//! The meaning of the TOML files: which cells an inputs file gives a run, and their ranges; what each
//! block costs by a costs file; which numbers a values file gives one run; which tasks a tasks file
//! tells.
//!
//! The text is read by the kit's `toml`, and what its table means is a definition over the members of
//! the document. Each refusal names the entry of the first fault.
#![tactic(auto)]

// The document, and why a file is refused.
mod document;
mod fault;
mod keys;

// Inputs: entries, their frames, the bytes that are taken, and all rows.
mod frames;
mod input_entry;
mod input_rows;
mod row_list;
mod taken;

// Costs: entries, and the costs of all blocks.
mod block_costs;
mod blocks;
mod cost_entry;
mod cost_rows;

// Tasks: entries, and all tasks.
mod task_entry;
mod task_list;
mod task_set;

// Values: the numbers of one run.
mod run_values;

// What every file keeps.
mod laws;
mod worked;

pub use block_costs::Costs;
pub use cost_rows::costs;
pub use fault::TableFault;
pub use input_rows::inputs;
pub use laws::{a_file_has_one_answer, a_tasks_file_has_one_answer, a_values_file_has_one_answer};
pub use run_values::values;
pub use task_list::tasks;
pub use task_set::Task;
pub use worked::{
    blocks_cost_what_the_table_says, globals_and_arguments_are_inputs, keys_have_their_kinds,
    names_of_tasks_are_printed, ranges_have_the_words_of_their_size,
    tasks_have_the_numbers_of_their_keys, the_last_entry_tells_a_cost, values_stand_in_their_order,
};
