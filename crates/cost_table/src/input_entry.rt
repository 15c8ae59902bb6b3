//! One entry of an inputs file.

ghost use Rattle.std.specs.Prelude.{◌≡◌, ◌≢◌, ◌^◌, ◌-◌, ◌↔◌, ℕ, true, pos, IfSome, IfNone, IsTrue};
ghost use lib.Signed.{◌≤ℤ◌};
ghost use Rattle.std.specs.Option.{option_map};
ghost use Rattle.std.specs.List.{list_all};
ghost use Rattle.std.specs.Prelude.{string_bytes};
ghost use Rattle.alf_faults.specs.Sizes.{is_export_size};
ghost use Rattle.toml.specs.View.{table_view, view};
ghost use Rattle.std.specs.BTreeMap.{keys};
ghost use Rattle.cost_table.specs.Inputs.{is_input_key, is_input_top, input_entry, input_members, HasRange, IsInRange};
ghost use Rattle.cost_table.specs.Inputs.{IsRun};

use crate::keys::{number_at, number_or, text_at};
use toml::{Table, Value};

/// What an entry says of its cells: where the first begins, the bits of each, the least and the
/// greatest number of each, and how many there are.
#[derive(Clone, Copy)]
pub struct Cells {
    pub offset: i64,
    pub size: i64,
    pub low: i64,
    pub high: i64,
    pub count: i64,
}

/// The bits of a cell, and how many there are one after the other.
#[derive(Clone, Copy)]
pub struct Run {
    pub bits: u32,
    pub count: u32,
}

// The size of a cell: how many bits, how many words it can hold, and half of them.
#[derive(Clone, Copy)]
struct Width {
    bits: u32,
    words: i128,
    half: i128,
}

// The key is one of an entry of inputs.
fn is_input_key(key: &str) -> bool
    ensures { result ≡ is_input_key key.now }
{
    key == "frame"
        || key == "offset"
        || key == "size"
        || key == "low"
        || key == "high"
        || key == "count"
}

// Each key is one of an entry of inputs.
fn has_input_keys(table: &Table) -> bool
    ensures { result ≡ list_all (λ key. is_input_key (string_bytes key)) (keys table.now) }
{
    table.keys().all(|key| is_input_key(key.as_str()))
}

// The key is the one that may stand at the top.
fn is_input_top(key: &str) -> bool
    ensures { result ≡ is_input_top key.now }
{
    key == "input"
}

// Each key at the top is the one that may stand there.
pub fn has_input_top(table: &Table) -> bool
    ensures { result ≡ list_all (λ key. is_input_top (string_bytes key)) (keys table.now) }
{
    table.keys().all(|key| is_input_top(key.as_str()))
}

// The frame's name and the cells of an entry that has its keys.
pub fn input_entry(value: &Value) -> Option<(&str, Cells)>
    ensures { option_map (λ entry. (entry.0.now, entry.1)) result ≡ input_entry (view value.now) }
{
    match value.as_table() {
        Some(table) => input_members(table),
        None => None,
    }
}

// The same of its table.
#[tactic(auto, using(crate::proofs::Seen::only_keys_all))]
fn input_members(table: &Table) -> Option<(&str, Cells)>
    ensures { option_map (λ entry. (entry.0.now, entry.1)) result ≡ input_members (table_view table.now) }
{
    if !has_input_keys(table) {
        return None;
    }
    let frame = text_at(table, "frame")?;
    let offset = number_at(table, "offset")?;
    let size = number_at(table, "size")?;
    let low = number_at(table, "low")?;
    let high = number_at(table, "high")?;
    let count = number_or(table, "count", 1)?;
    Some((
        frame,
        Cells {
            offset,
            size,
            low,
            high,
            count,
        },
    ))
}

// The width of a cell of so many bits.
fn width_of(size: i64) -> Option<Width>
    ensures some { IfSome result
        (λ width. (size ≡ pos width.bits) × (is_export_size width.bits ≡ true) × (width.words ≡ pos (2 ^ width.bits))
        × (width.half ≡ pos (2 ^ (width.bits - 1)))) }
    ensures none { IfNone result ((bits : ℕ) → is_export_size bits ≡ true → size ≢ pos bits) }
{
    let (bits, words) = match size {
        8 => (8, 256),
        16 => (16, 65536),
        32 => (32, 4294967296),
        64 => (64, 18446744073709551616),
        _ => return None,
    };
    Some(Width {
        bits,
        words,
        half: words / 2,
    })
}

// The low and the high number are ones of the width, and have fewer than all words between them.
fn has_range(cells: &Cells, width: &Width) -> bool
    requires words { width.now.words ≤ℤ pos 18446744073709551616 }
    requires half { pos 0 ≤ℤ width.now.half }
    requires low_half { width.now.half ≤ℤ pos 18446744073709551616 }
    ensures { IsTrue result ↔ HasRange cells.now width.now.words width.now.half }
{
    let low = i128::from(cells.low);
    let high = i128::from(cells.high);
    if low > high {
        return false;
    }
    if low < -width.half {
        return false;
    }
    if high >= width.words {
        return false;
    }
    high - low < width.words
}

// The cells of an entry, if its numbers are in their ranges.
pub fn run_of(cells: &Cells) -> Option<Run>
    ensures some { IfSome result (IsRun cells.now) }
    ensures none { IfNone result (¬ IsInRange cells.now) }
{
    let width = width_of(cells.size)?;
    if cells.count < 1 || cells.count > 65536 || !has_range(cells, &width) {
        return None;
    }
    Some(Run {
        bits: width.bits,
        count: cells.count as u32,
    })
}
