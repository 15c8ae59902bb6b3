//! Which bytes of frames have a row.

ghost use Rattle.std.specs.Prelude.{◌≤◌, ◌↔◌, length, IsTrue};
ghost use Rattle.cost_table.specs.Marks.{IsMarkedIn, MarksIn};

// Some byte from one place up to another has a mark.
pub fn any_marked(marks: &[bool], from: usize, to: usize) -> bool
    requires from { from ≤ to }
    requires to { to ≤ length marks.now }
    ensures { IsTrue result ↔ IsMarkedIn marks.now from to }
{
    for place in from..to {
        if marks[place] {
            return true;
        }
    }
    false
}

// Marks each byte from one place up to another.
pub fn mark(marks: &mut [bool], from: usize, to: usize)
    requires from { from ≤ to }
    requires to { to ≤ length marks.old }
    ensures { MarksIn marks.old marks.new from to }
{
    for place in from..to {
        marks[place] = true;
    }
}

-*-*-

Return, unchanged, the run of lines above that opens with the line containing "pub fn has_input_top(table: &Table) -> bool" and closes with the line containing "has its keys.". Include both.

pub fn has_input_top(table: &Table) -> bool
    ensures { result ≡ list_all (λ key. is_input_top (string_bytes key)) (keys table.now) }
{
    table.keys().all(|key| is_input_top(key.as_str()))
}

// The frame's name and the cells of an entry that has its keys.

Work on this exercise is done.